#What A Night!

It may be early January ’08, not late December, back in ’63, but what a night. Maybe I’m getting old, but I question the merit of entertaining between the hours of 11.30pm and somewhere in the region of 3am, when you live in a terraced house with paper-thin walls. I’m trying my very best to get plenty of rest and get myself pulled together, but struggle when inconsiderate people nearby have what sounded like a step aerobics session for elephants in the middle of the night! I blame my upbringing (again – sorry, mam). When I was little, if we made the slightest noise after about 8pm, we were told, “Shush, there’s babies sleeping!” I still care that there’s babies sleeping, even now, so do try to limit my noise (and that of my dogs) but others don’t care if they wake the poor little tots!

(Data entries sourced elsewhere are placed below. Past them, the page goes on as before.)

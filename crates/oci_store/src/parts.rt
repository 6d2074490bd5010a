ghost use Rattle.std.specs.Prelude.{◌≡◌, ◌↔◌, ◌≤◌, ◌⊎◌, [], List, ℕ, true, false, OnOk, IsErrOf};
ghost use Rattle.oci_store.specs.Keyed.{value_at, has_key};
ghost use Rattle.oci_store.specs.Parts.{IsDraftOf};

use crate::draft::Drafting;
use crate::fault::FetchFault;
use crate::source::Source;
use oci_digest::Hasher;
use oci_manifest::Key;

/// The largest number of bytes that one read requests.
const PART: usize = 1_048_576;

/// Is told of each part of a content that is read part by part.
///
/// `()` ignores the parts.
pub trait PartWatcher {
    /// Called after a part with this number of bytes was read and drafted. Does nothing by default.
    /// It has no result and does not change what is read, and it is assumed to terminate.
    fn part_arrived(&self, _length: usize) {}
}

impl PartWatcher for () {}

/// Returns the size of the next read: a full part, or the remainder plus one byte, so that a short
/// read marks the end and an over-long blob is noticed.
fn part_size(left: u64) -> usize
    ensures some { 1 ≤ result }
    ensures most { result ≤ 1048576 }
{
    if left < PART as u64 {
        left as usize + 1
    } else {
        PART
    }
}

/// Reads the content of a key part by part into a draft, and verifies it. The watcher is told of
/// each part. It requests at most one byte more than the key's size. The contract does not state
/// this bound, nor the calls of the watcher.
///
/// If a write of the draft fails, the rest is not read, nothing is verified, and the result is
/// `Ok`. The push of the draft reports the failure.
///
/// # Errors
///
/// - 20 `NotFound`: the key is not held.
/// - 21 `Corrupt`: the content is shorter or longer than the key's size or has another digest, or
///   the source reported this error. A sound source never causes it.
/// - 22 `Device`: the device could not be read.
/// - 23 `Memory`: an allocation failed.
///
/// After an error the bytes of the draft are unspecified: drop it.
pub fn fetch_into<A: Source, W: Drafting, P: PartWatcher>(
    source: &A,
    key: &Key,
    draft: &mut W,
    watcher: &P,
) -> Result<(), FetchFault>
    requires empty { W.drafted draft.old [] }
    requires fails { (A.state source.now).fails_at key.now ≡ true }
    ensures held { OnOk result (has_key (A.state source.now).entries key.now ≡ true) }
    ensures drafted { OnOk result (W.is_lost draft.new ⊎ ((bytes : List ℕ)
        × IsDraftOf (W.drafted draft.new) key.now (A.state source.now).is_honest
        (value_at (A.state source.now).entries key.now) bytes)) }
    ensures not_found { IsErrOf result FetchFault.NotFound
        ↔ (has_key (A.state source.now).entries key.now ≡ false) }
    ensures good { IsErrOf result FetchFault.Corrupt → (A.state source.now).is_sound → ⊥ }
{
    let mut hasher = Hasher::new(key.digest());
    let mut left = key.size();
    loop {
        let most = part_size(left);
        let part = source.fetch_part(key, key.size() - left, most)?;
        let length = part.len();
        if length as u64 > left {
            return Err(FetchFault::Corrupt);
        }
        hasher.update(part.as_slice());
        let Ok(()) = draft.append(part.as_slice()) else {
            return Err(FetchFault::Memory);
        };
        if draft.is_broken() {
            return Ok(());
        }
        watcher.part_arrived(length);
        left -= length as u64;
        if length < most {
            break;
        }
    }
    if left > 0 || !hasher.matches() {
        return Err(FetchFault::Corrupt);
    }
    Ok(())
}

Rant over and back to the original topic for this post.

Yesterday, once again, I didn’t win the lottery and questioned the sense in buying a ticket when I have little money to spare. The conclusion I came to was this: for £1, not only are you buyng the slimmest of chances that “It could be you”, you are buying seven days’ worth of something I hadn’t realised you could buy: hope. For seven days, you can imagine what you would do if you won; who you’d give money to; if it would change your life. So, as my two numbers came up yesterday, I was briefly disappointed, but then started the whole imaginary lottery winning experience again prior to next Saturday’s draw! £1 well spent.

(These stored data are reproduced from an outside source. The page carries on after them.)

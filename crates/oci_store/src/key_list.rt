ghost use Rattle.std.specs.Prelude.{◌≡◌, [], length, Some, slice_get, IfOk, OnOk, OnErr};
ghost use Rattle.std.specs.List.{IsDistinct};
ghost use Rattle.std.specs.Option.{option_copied};
ghost use Rattle.oci_manifest.specs.Descriptor.{same_key};
ghost use Rattle.oci_store.specs.Visiting.{with_key, with_keys};

use oci_digest::NoMemory;
use oci_manifest::Key;
use std::alloc::Global;
use std::collections::BTreeMap;
use std::marker::Model;

/// Distinct keys in order of arrival. A key is found in logarithmic time.
///
/// A walk along successors keeps the keys that it has reached in such a list.
#[derive(Drop)]
pub struct KeyList {
    keys: Vec<Key>,
    index: BTreeMap<Key, usize>,
}

impl Model for KeyList {
    ghost use Rattle.std.specs.Prelude.{List};
    ghost use Rattle.oci_manifest.specs.Descriptor.{Descriptor};
    ghost use Rattle.oci_store.specs.KeyList.{IsIndexOf};

    ghost Value = { List Descriptor };

    ghost view = { λ l. l.keys.items };

    ghost invariant = { λ l. IsIndexOf l.index l.keys.items };
}

impl KeyList {
    /// Creates an empty list. Does not allocate.
    pub fn new(alloc: Global) -> KeyList
        ensures { result ≡ [] }
    {
        KeyList {
            keys: Vec::new(alloc),
            index: BTreeMap::new(alloc),
        }
    }

    /// Returns the number of keys.
    pub fn len(&self) -> usize
        ensures { result ≡ length self.now }
    {
        self.keys.len()
    }

    /// Returns the key at a place, counted from 0.
    pub fn get(&self, place: usize) -> Option<&Key>
        ensures { option_copied result ≡ slice_get self.now place }
    {
        self.keys.get(place)
    }

    /// Returns the place of a key. If the key is new, a copy of it is appended.
    ///
    /// # Errors
    ///
    /// Returns [`NoMemory`] if an allocation fails. The list is then unchanged.
    pub fn place(&mut self, key: &Key) -> Result<usize, NoMemory>
        ensures keys { OnOk result (self.new ≡ with_key self.old key.now) }
        ensures place { IfOk result (λ place. slice_get self.new place ≡ Some key.now) }
        ensures refused { OnErr result (self.new ≡ self.old) }
    {
        if let Some(place) = self.index.get(key) {
            return Ok(*place);
        }
        let place = self.keys.len();
        let copy = key.try_clone()?;
        self.keys.push(key.try_clone()?)?;
        match self.index.insert(copy, place) {
            Ok(_) => Ok(place),
            Err(refused) => {
                self.keys.pop();
                Err(NoMemory::from(refused))
            }
        }
    }

    /// Appends each of these keys that is new.
    ///
    /// # Errors
    ///
    /// Returns [`NoMemory`] if an allocation fails. Some of the keys may then be in the list.
    pub fn place_all(&mut self, keys: &[Key]) -> Result<(), NoMemory>
        ensures { OnOk result (self.new ≡ with_keys self.old keys.now) }
    {
        for key in keys {
            self.place(key)?;
        }
        Ok(())
    }

    /// Returns the keys in order.
    pub fn into_keys(self) -> Vec<Key>
        ensures keys { result.items ≡ self }
        ensures distinct { IsDistinct same_key result.items }
    {
        self.keys
    }
}
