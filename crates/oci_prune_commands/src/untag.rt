ghost use Rattle.std.specs.Prelude.{
  ◌≡◌,
  ◌-◌,
  ◌++◌,
  List,
  length,
  map,
  option_map,
  string_bytes,
  Option,
  slice_get,
  Some,
  IfErr,
  IfOk,
  OnOk,
};
ghost use Rattle.std.specs.Io.KnownBytes.{Appends};
ghost use Rattle.oci_manifest.specs.Descriptor.{Descriptor};
ghost use Rattle.oci_layout_store.specs.Brought.{Forgets};
ghost use Rattle.oci_dir.specs.Device.{Touches};
ghost use Rattle.oci_layout_store.specs.Entries.{entry_of, said, text_of, IndexEntry as EntryOfIndex};
ghost use Rattle.oci_layout_store.specs.Index.{index_file, HasIndex};
ghost use Rattle.oci_layout_store.specs.Lasts.{Lasts};
ghost use Rattle.oci_layout_store.specs.Saved.{is_name};
ghost use Rattle.oci_prune.specs.Settled.{CanSettle, LeavesOneOf};
ghost use Rattle.oci_store.specs.Content.{Entry};
ghost use Rattle.oci_store.specs.Tags.{Tags};
ghost use Rattle.oci_prune_commands.specs.Named.{entries_named};
ghost use Rattle.oci_prune_commands.specs.Refusal.{IsRefusedUntag};
ghost use Rattle.oci_prune_commands.specs.Untagged.{
  belonged_lines,
  untagged_lines,
  IsUntagged,
  IsUntagRun,
  LosesName,
  LosesTag,
};

use crate::along::{entry_keys, save_without};
use oci_command_line::UntagWords;
use oci_digest::NoMemory;
use oci_dir::Dir;
use oci_folder::{FolderLock, Lockable};
use oci_layout_store::{IndexEntry, Layout};
use oci_manifest::Key;
use oci_program::{
    Form, Outcome, ProgramFault, SeenIndex, check_is_layout, lock_folder, open_settled,
    print_answer,
};
use oci_store::{Dest, RefFault, Store, Untagger};
use serde::Serialize;
use std::alloc::Global;
use std::fmt;
use std::fmt::Display;
use std::io::Write;
use std::rt::Files;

I do have a point to this post. Last time I blogged, I mentioned the cost of entering the Melissa Nathan Award for Comedy Romance. I underestimated this as, due to fatigue, I seem to have lost my basic grasp of maths. 6 books would be equal to £54 and the postage around £9, so the total was over £60. Then, I realised that 6 books (the last of my own copies – now I don’t even own a copy of my own book) and the associated postal costs would give me several months’ worth of hope and day-dreaming. Suddenly, it didn’t seem such a big deal. I know that, deep down, I have no chance of even being shortlisted, but thanks to my over-active imagination, at least I can dream about what it must be like to go to an Awards ceremony. As Dale Winton says on his lottery show (which I also tried to enter last year), “You’ve got to be in it to win it!” So, I’m in it…providing the Royal Mail have actually delivered my books in time. I’ll never know. We can only hope.

Sorry if this post didn’t make sense. I’m very tired, due to my neighbours, who don’t care if the 33 year-old baby was sleeping!